*Your assignment*
Please repeat each entry. Match every word exactly.
======== Records for the task
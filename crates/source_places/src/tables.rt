//! What a class file tells of its source: the file, and the lines of the instructions of a code (JVM Specification
//! SE 8, 4.7.10 and 4.7.12). Nothing is refused: an attribute that isn't of its form tells nothing.

pub mod laws;
mod lines;
mod numbers;
mod source;
mod starts;
mod table;

pub use lines::line_at;
pub use source::source_file;
pub use starts::LineStart;
pub use table::lines_of;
================
*Task output*
filename crates/source_places/src/tables.rt
//! What a class file tells of its source: the file, and the lines of the instructions of a code (JVM Specification
//! SE 8, 4.7.10 and 4.7.12). Nothing is refused: an attribute that isn't of its form tells nothing.

pub mod laws;
mod lines;
mod numbers;
mod source;
mod starts;
mod table;

pub use lines::line_at;
pub use source::source_file;
pub use starts::LineStart;
pub use table::lines_of;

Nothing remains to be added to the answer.